▸ **Data**:
//! Field tables to which appearances of fields are joined (format page, "Field tables").
ghost use Rattle.std.specs.Prelude.{◌≡◌, ◌<◌, [], length, map, slice_get, option_map, Some, None, OnOk, OnErr, IfOk, IfSome};
ghost use Rattle.lu_types.specs.Tables.{number_of};
ghost use Rattle.lu_types.specs.Fields.{table_field};
ghost use Rattle.lu_types.specs.Joins.{join_bits, join_field};

use crate::bits::{INDEXED, OMIT_NORMS, has_bit};
use crate::field::{Field, FieldInfo};
use crate::owned::Text;
use lu_prims::OutOfMemory;
use std::alloc::Global;
use std::collections::BTreeMap;
use std::marker::Model;

/// A table to which appearances of fields are joined, with their names lent from where they stand: in documents, or in the
/// files of the segments that are merged. No two of its fields have one name.
#[derive(Drop)]
pub struct JoinedTable<'a> {
    /// The fields by number.
    fields: Vec<Field<'a>>,
    /// The number of each name.
    numbers: BTreeMap<&'a str, usize>,
}

impl<'a> Model for JoinedTable<'a> {
    ghost use Rattle.std.specs.Prelude.{List, map};
    ghost use Rattle.lu_types.specs.Tables.{TableField, HasNumbers};
    ghost use Rattle.lu_types.specs.Fields.{table_field};

    ghost Value = { List TableField };

    ghost view = { λ table. map table_field table.fields.items };

    ghost invariant = { λ table. HasNumbers table.numbers (map table_field table.fields.items) };
}

impl<'a> JoinedTable<'a> {
    /// The table without fields. Takes no memory.
    pub fn new(alloc: Global) -> JoinedTable<'a>
        ensures { result ≡ [] }
    {
        JoinedTable {
            fields: Vec::new(alloc),
            numbers: BTreeMap::new(alloc),
        }
    }

    /// How many fields there are.
    pub fn count(&self) -> usize
        ensures { result ≡ length self.now }
    {
        self.fields.len()
    }

    /// The field with a number, from 0; `None` exactly where there is no such number.
    pub fn field(&self, number: usize) -> Option<Field<'a>>
        ensures { option_map table_field result ≡ slice_get self.now number }
    {
        self.fields.get(number).copied()
    }

    /// The number of the field with a name; `None` exactly where no field has the name.
    /// Takes time by the logarithm of the number of fields.
    pub fn find(&self, name: &str) -> Option<usize>
        ensures found { result ≡ number_of name.now self.now }
        ensures below { IfSome result (λ number. number < length self.now) }
    {
        self.numbers.get(name).copied()
    }

    /// Joins one more appearance of a field, and answers the field's number: a new name goes last with its bits; the bits of a
    /// name that is there are joined. An `Err` leaves the table as it was.
    /// Takes time by the logarithm of the number of fields.
    pub fn join(&mut self, name: &'a str, bits: u8) -> Result<usize, OutOfMemory>
        ensures joined { OnOk result (self.new ≡ join_field self.old (record { name = name.now; bits = bits })) }
        ensures number { IfOk result (λ number. number_of name.now self.new ≡ Some number) }
        ensures err { OnErr result (self.new ≡ self.old) }
    {
        match self.find(name) {
            Some(number) => {
                let field = &mut self.fields[number];
                field.bits = join_bits(field.bits, bits);
                Ok(number)
            }
            None => self.push(name, bits),
        }
    }

    /// Adds a field with a new name, and answers its number. An `Err` leaves the table as it was.
    pub(crate) fn push(&mut self, name: &'a str, bits: u8) -> Result<usize, OutOfMemory>
        requires { number_of name.now self.old ≡ None }
        ensures joined { OnOk result (self.new ≡ join_field self.old (record { name = name.now; bits = bits })) }
        ensures number { IfOk result (λ number. number_of name.now self.new ≡ Some number) }
        ensures err { OnErr result (self.new ≡ self.old) }
    {
        let number = self.fields.len();
        self.fields.push(Field { name, bits })?;
        match self.numbers.insert(name, number) {
            Ok(_) => Ok(number),
            Err(_) => {
                self.fields.pop();
                Err(OutOfMemory)
            }
        }
    }

    /// The fields with names of their own, in the order of their numbers.
    pub fn to_infos(&self, alloc: Global) -> Result<Vec<FieldInfo>, OutOfMemory>
        ensures { IfOk result (λ infos. infos.items ≡ self.now) }
    {
        infos_of(alloc, self.fields.as_slice())
    }
}

// The fields with names of their own.
fn infos_of(alloc: Global, fields: &[Field<'_>]) -> Result<Vec<FieldInfo>, OutOfMemory>
    ensures { IfOk result (λ infos. infos.items ≡ map table_field fields.now) }
{
    let mut infos = Vec::with_capacity(alloc, fields.len())?;
    for field in fields {
        infos.push(info_of(alloc, *field)?)?;
    }
    Ok(infos)
}

// The field with a name of its own.
fn info_of(alloc: Global, field: Field<'_>) -> Result<FieldInfo, OutOfMemory>
    ensures { IfOk result (λ info. info ≡ table_field field.entry) }
{
    let name = Text::from_str(alloc, field.name)?;
    Ok(FieldInfo {
        name,
        bits: field.bits,
    })
}

// The bits of two appearances of a field.
pub(crate) fn join_bits(old: u8, new: u8) -> u8
    ensures { result ≡ join_bits old new }
{
    if !has_bit(INDEXED, new) {
        return old;
    }
    if !has_bit(INDEXED, old) {
        return new;
    }
    ((old | new) & !OMIT_NORMS) | (old & new & OMIT_NORMS)
}
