ghost use Rattle.std.specs.Prelude.{◌≡◌};
ghost use Rattle.lu_types.specs.declared.fault.CodecFault.TheVariants.{OutOfMemory as no_memory};

use crate::kind::FileKind;
use lu_prims::OutOfMemory;

/// Where the first fault of a file stands, and which rule it breaks (format page, "How a fault is found").
#[derive(Clone, Copy, Debug, PartialEq, Eq)]
pub struct Spot {
    /// The file.
    pub kind: FileKind,
    /// How many bytes of the file stand before the first record that is not good.
    pub offset: u64,
    /// The number of the rule that this record breaks first.
    pub rule: u16,
}

impl Spot {
    /// The spot of the rule that is broken at a place in a file of the kind, counted in bytes from its start.
    pub fn at(kind: FileKind, place: usize, rule: u16) -> Spot
        ensures { result ≡ record { kind = kind; offset = place; rule = rule } }
    {
        Spot {
            kind,
            offset: place as u64,
            rule,
        }
    }
}

/// A fault of a commit or of one of its segments (format page, "How a fault is found").
#[derive(Clone, Copy, Debug, PartialEq, Eq)]
pub struct Fault {
    /// The place of the segment in the list of the commit, from 0; 0 for the commit itself.
    pub segment: u32,
    pub spot: Spot,
}

/// Why a file was not taken.
#[derive(Clone, Copy, Debug, PartialEq, Eq)]
pub enum CodecFault {
    /// The file is not good, and this is its first fault.
    Spot(Spot),
    /// There was no memory for what the call had to keep.
    OutOfMemory,
}

impl From<OutOfMemory> for CodecFault {
    ghost from_gives = { λ _ fault. fault ≡ no_memory };

    fn from(_error: OutOfMemory) -> CodecFault {
        CodecFault::OutOfMemory
    }
}
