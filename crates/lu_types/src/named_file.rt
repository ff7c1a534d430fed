use crate::kind::FileKind;
use crate::owned::Bytes;

/// A file of a segment, or of a shared store: its kind, by which it is named, and its bytes.
#[derive(Debug, Drop)]
pub struct NamedFile {
    pub kind: FileKind,
    pub bytes: Bytes,
}
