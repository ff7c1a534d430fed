use crate::owned::Text;

/// A field as it is written: its name and its bits (format page, "Field tables").
#[derive(Debug, Drop)]
pub struct FieldInfo {
    pub name: Text,
    pub bits: u8,
}

/// A field as it is read: its name, lent from the bytes of the file, and its bits (format page, "Field tables").
#[derive(Clone, Copy, Debug, PartialEq, Eq)]
pub struct Field<'a> {
    pub name: &'a str,
    pub bits: u8,
}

▸ **Task instructions**: Would you restate each line of the material above word for word?

▸ **Answer to the exercise**:
//! Field tables to which appearances of fields are joined (format page, "Field tables").
ghost use Rattle.std.specs.Prelude.{◌≡◌, ◌<◌, [], length, map, slice_get, option_map, Some, None, OnOk, OnErr, IfOk, IfSome};
ghost use Rattle.lu_types.specs.Tables.{number_of};
ghost use Rattle.lu_types.specs.Fields.{table_field};
ghost use Rattle.lu_types.specs.Joins.{join_bits, join_field};

use crate::bits::{INDEXED, OMIT_NORMS, has_bit};
use crate::field::{Field, FieldInfo};
use crate::owned::Text;
use lu_prims::OutOfMemory;
use std::alloc::Global;
use std::collections::BTreeMap;
use std::marker::Model;

/// A table to which appearances of fields are joined, with their names lent from where they stand: in documents, or in the
/// files of the segments that are merged. No two of its fields have one name.
#[derive(Drop)]
pub struct JoinedTable<'a> {
    /// The fields by number.
    fields: Vec<Field<'a>>,
    /// The number of each name.
    numbers: BTreeMap<&'a str, usize>,
}

impl<'a> Model for JoinedTable<'a> {
    ghost use Rattle.std.specs.Prelude.{List, map};
    ghost use Rattle.lu_types.specs.Tables.{TableField, HasNumbers};
    ghost use Rattle.lu_types.specs.Fields.{table_field};

    ghost Value = { List TableField };

    ghost view = { λ table. map table_field table.fields.items };

    ghost invariant = { λ table. HasNumbers table.numbers (map table_field table.fields.items) };
}

impl<'a> JoinedTable<'a> {
    /// The table without fields. Takes no memory.
    pub fn new(alloc: Global) -> JoinedTable<'a>
        ensures { result ≡ [] }
    {
        JoinedTable {
            fields: Vec::new(alloc),
            numbers: BTreeMap::new(alloc),
        }
    }

    /// How many fields there are.
    pub fn count(&self) -> usize
        ensures { result ≡ length self.now }
    {
        self.fields.len()
    }

    /// The field with a number, from 0; `None` exactly where there is no such number.
    pub fn field(&self, number: usize) -> Option<Field<'a>>
        ensures { option_map table_field result ≡ slice_get self.now number }
    {
        self.fields.get(number).copied()
    }

    /// The number of the field with a name; `None` exactly where no field has the name.
    /// Takes time by the logarithm of the number of fields.
    pub fn find(&self, name: &str) -> Option<usize>
        ensures found { result ≡ number_of name.now self.now }
        ensures below { IfSome result (λ number. number < length self.now) }
    {
        self.numbers.get(name).copied()
    }

    /// Joins one more appearance of a field, and answers the field's number: a new name goes last with its bits; the bits of a
    /// name that is there are joined. An `Err` leaves the table as it was.
    /// Takes time by the logarithm of the number of fields.
    pub fn join(&mut self, name: &'a str, bits: u8) -> Result<usize, OutOfMemory>
        ensures joined { OnOk result (self.new ≡ join_field self.old (record { name = name.now; bits = bits })) }
        ensures number { IfOk result (λ number. number_of name.now self.new ≡ Some number) }
        ensures err { OnErr result (self.new ≡ self.old) }
    {
        match self.find(name) {
            Some(number) => {
                let field = &mut self.fields[number];
                field.bits = join_bits(field.bits, bits);
                Ok(number)
            }
            None => self.push(name, bits),
        }
    }

    /// Adds a field with a new name, and answers its number. An `Err` leaves the table as it was.
    pub(crate) fn push(&mut self, name: &'a str, bits: u8) -> Result<usize, OutOfMemory>
        requires { number_of name.now self.old ≡ None }
        ensures joined { OnOk result (self.new ≡ join_field self.old (record { name = name.now; bits = bits })) }
        ensures number { IfOk result (λ number. number_of name.now self.new ≡ Some number) }
        ensures err { OnErr result (self.new ≡ self.old) }
    {
        let number = self.fields.len();
        self.fields.push(Field { name, bits })?;
        match self.numbers.insert(name, number) {
            Ok(_) => Ok(number),
            Err(_) => {
                self.fields.pop();
                Err(OutOfMemory)
            }
        }
    }

    /// The fields with names of their own, in the order of their numbers.
    pub fn to_infos(&self, alloc: Global) -> Result<Vec<FieldInfo>, OutOfMemory>
        ensures { IfOk result (λ infos. infos.items ≡ self.now) }
    {
        infos_of(alloc, self.fields.as_slice())
    }
}

// The fields with names of their own.
fn infos_of(alloc: Global, fields: &[Field<'_>]) -> Result<Vec<FieldInfo>, OutOfMemory>
    ensures { IfOk result (λ infos. infos.items ≡ map table_field fields.now) }
{
    let mut infos = Vec::with_capacity(alloc, fields.len())?;
    for field in fields {
        infos.push(info_of(alloc, *field)?)?;
    }
    Ok(infos)
}

// The field with a name of its own.
fn info_of(alloc: Global, field: Field<'_>) -> Result<FieldInfo, OutOfMemory>
    ensures { IfOk result (λ info. info ≡ table_field field.entry) }
{
    let name = Text::from_str(alloc, field.name)?;
    Ok(FieldInfo {
        name,
        bits: field.bits,
    })
}

// The bits of two appearances of a field.
pub(crate) fn join_bits(old: u8, new: u8) -> u8
    ensures { result ≡ join_bits old new }
{
    if !has_bit(INDEXED, new) {
        return old;
    }
    if !has_bit(INDEXED, old) {
        return new;
    }
    ((old | new) & !OMIT_NORMS) | (old & new & OMIT_NORMS)
}
ghost use Rattle.std.specs.Prelude.{◌≡◌};
ghost use Rattle.lu_types.specs.declared.fault.CodecFault.TheVariants.{OutOfMemory as no_memory};

use crate::kind::FileKind;
use lu_prims::OutOfMemory;

/// Where the first fault of a file stands, and which rule it breaks (format page, "How a fault is found").
#[derive(Clone, Copy, Debug, PartialEq, Eq)]
pub struct Spot {
    /// The file.
    pub kind: FileKind,
    /// How many bytes of the file stand before the first record that is not good.
    pub offset: u64,
    /// The number of the rule that this record breaks first.
    pub rule: u16,
}

impl Spot {
    /// The spot of the rule that is broken at a place in a file of the kind, counted in bytes from its start.
    pub fn at(kind: FileKind, place: usize, rule: u16) -> Spot
        ensures { result ≡ record { kind = kind; offset = place; rule = rule } }
    {
        Spot {
            kind,
            offset: place as u64,
            rule,
        }
    }
}

/// A fault of a commit or of one of its segments (format page, "How a fault is found").
#[derive(Clone, Copy, Debug, PartialEq, Eq)]
pub struct Fault {
    /// The place of the segment in the list of the commit, from 0; 0 for the commit itself.
    pub segment: u32,
    pub spot: Spot,
}

/// Why a file was not taken.
#[derive(Clone, Copy, Debug, PartialEq, Eq)]
pub enum CodecFault {
    /// The file is not good, and this is its first fault.
    Spot(Spot),
    /// There was no memory for what the call had to keep.
    OutOfMemory,
}

impl From<OutOfMemory> for CodecFault {
    ghost from_gives = { λ _ fault. fault ≡ no_memory };

    fn from(_error: OutOfMemory) -> CodecFault {
        CodecFault::OutOfMemory
    }
}
filename crates/lu_types/src/named_file.rt
repository ff7c1a534d430fed
use crate::kind::FileKind;
use crate::owned::Bytes;

/// A file of a segment, or of a shared store: its kind, by which it is named, and its bytes.
#[derive(Debug, Drop)]
pub struct NamedFile {
    pub kind: FileKind,
    pub bytes: Bytes,
}
repository ff7c1a534d430fed
use crate::owned::Text;

/// A field as it is written: its name and its bits (format page, "Field tables").
#[derive(Debug, Drop)]
pub struct FieldInfo {
    pub name: Text,
    pub bits: u8,
}

/// A field as it is read: its name, lent from the bytes of the file, and its bits (format page, "Field tables").
#[derive(Clone, Copy, Debug, PartialEq, Eq)]
pub struct Field<'a> {
    pub name: &'a str,
    pub bits: u8,
}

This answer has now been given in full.